Task details - Could you print exactly the lines of the listing below, starting at the line that has "[text, data] =>" and ending at the line that has "let image = changed_image(rt.alloc(), changes)?;", and only those lines?

Available records -
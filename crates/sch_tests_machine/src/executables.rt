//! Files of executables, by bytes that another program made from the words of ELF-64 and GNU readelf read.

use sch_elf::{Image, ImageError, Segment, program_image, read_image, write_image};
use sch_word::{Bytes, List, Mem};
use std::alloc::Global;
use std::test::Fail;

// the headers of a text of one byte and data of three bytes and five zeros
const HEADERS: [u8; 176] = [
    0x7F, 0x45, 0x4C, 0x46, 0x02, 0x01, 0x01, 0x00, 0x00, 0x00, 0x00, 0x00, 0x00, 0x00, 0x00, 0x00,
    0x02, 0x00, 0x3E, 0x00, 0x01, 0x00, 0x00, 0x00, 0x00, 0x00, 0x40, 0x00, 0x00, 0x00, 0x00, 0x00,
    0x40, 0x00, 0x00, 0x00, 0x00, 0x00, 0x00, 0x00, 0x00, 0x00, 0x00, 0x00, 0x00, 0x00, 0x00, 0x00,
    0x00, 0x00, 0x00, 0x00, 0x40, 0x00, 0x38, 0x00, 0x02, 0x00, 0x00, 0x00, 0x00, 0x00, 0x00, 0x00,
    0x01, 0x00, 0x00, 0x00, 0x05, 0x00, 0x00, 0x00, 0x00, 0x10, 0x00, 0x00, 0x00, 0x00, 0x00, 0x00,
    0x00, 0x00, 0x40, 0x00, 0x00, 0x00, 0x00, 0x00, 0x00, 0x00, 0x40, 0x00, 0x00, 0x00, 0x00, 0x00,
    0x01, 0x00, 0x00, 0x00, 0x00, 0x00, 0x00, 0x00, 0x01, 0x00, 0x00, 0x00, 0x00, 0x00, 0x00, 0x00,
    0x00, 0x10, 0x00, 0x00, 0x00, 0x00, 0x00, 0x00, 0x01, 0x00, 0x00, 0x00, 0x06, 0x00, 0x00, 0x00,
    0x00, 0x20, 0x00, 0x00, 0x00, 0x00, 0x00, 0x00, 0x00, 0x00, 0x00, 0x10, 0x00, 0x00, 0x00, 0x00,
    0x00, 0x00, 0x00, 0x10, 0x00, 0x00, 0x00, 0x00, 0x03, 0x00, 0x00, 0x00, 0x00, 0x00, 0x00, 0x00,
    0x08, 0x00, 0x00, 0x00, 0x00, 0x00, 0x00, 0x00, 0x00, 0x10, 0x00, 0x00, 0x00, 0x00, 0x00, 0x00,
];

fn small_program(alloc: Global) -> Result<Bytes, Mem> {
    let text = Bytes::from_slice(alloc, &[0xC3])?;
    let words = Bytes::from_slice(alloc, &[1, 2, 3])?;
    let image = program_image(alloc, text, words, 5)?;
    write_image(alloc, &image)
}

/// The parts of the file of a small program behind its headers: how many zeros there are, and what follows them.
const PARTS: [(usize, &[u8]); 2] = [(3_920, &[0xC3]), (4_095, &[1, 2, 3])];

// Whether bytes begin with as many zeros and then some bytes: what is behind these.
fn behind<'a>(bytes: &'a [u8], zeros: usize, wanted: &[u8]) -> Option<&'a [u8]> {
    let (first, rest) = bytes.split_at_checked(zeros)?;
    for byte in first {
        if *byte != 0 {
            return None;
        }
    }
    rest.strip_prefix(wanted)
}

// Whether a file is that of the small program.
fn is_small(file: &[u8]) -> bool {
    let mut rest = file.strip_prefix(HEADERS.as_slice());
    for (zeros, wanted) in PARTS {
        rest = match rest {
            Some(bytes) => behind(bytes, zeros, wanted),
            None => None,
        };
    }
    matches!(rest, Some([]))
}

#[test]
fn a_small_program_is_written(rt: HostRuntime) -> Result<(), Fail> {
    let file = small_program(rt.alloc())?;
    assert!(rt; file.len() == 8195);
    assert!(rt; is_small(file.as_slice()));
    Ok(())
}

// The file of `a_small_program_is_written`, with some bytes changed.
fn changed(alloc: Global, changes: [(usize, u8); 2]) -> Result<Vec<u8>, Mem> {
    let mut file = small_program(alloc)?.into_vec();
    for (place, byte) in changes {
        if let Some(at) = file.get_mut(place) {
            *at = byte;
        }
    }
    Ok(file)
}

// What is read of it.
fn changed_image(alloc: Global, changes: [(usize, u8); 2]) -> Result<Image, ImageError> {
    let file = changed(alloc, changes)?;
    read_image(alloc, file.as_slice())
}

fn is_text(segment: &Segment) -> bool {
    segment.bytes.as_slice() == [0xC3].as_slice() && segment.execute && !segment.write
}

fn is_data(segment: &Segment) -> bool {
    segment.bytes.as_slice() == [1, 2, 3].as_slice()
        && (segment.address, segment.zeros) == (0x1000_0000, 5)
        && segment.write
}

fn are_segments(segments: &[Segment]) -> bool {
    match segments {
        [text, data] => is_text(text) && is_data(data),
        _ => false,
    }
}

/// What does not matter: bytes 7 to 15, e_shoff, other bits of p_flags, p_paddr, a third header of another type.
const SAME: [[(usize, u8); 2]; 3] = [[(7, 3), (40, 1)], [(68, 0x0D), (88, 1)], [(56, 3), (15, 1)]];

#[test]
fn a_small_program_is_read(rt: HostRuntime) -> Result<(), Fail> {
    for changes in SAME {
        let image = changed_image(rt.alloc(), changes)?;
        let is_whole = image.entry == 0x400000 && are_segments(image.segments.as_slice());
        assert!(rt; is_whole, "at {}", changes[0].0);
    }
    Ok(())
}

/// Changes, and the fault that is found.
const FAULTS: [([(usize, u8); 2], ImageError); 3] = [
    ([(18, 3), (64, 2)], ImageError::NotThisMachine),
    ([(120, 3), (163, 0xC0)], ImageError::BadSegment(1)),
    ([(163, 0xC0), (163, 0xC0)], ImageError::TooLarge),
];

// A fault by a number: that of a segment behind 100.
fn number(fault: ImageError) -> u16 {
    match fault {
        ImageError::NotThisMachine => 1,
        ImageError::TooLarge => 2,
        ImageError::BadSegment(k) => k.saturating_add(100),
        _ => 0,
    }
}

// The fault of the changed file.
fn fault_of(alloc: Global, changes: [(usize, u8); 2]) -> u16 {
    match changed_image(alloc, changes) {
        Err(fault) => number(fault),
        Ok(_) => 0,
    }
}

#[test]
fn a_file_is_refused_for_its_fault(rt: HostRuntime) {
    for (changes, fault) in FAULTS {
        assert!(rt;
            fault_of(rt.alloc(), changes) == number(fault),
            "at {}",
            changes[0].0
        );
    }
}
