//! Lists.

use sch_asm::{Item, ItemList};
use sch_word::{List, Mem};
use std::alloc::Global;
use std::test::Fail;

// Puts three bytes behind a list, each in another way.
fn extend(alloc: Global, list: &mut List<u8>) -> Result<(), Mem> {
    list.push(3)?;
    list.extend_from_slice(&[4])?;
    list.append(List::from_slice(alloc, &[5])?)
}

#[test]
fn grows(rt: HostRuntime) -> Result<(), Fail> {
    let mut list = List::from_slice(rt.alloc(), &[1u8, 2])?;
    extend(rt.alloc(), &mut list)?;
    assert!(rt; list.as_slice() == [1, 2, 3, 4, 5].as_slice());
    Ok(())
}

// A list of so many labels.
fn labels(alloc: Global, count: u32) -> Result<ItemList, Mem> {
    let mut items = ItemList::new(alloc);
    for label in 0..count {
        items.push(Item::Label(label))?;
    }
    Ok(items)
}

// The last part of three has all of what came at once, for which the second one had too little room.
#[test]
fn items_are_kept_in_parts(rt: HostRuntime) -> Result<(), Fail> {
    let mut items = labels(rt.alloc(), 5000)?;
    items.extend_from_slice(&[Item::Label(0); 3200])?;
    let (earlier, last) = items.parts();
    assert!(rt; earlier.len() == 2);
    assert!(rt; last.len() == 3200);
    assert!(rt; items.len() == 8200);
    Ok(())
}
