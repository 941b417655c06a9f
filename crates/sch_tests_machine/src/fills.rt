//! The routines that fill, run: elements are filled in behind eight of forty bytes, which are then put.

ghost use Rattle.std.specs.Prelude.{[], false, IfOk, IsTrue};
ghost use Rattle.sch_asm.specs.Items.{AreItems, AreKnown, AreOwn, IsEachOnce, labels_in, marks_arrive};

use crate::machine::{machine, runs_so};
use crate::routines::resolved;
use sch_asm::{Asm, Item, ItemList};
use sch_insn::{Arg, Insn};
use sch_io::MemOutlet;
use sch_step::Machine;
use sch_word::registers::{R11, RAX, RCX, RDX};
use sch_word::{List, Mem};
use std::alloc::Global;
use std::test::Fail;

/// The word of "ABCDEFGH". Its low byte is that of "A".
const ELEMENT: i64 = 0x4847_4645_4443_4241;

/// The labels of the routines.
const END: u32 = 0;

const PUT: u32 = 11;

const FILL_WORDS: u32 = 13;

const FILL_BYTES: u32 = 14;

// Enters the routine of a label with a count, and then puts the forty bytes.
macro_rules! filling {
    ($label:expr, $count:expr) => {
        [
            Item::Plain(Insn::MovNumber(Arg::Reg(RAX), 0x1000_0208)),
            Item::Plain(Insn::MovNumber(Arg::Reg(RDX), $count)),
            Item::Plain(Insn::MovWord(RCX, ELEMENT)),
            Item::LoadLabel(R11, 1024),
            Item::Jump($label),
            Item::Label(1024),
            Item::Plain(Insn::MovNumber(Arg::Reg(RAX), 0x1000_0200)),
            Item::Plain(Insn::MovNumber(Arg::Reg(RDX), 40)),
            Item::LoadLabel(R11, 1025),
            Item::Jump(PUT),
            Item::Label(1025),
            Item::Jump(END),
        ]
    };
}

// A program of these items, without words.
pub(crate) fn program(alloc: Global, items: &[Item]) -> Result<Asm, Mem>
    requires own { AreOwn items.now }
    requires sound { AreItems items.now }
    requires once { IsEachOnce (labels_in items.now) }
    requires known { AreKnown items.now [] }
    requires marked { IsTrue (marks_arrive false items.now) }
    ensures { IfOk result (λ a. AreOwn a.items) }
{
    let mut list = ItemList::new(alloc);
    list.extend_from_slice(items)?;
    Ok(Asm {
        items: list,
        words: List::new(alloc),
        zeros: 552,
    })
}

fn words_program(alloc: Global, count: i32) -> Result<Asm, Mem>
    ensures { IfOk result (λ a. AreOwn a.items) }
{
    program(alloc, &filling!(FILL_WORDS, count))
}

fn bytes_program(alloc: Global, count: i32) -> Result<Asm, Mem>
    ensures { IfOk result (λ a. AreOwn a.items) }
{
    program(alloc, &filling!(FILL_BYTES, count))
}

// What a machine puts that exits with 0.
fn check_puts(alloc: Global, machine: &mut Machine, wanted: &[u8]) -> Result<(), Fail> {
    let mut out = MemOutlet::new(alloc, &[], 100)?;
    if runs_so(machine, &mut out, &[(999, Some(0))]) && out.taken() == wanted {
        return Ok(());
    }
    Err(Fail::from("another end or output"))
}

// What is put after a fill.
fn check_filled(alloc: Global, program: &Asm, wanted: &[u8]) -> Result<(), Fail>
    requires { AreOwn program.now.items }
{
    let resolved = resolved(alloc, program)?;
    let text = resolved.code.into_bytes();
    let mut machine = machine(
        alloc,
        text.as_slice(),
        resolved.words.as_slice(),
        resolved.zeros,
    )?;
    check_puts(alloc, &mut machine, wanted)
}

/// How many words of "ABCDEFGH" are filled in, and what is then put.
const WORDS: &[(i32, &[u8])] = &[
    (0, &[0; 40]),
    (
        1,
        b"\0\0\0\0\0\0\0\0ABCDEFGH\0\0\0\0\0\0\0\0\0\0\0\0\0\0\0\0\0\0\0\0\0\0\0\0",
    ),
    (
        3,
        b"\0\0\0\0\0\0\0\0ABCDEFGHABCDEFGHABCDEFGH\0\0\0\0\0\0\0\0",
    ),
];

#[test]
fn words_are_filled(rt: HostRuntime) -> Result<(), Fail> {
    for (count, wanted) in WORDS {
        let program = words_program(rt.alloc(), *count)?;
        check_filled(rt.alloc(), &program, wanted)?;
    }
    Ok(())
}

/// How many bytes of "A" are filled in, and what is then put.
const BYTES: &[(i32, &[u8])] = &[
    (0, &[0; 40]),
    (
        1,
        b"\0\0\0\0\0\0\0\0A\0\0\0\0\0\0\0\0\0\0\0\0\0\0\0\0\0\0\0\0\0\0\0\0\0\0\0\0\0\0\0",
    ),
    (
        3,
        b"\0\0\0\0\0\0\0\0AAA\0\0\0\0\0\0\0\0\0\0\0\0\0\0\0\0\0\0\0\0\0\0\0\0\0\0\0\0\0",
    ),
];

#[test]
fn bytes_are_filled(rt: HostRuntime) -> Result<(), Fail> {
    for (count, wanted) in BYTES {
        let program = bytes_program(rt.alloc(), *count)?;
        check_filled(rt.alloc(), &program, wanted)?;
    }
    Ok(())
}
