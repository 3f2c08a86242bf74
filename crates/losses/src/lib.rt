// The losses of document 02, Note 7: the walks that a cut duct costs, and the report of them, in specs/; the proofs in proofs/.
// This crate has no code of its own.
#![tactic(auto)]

Response below -
        [text, data] => is_text(text) && is_data(data),
        _ => false,
    }
}

/// What does not matter: bytes 7 to 15, e_shoff, other bits of p_flags, p_paddr, a third header of another type.
const SAME: [[(usize, u8); 2]; 3] = [[(7, 3), (40, 1)], [(68, 0x0D), (88, 1)], [(56, 3), (15, 1)]];

#[test]
fn a_small_program_is_read(rt: HostRuntime) -> Result<(), Fail> {
    for changes in SAME {
        let image = changed_image(rt.alloc(), changes)?;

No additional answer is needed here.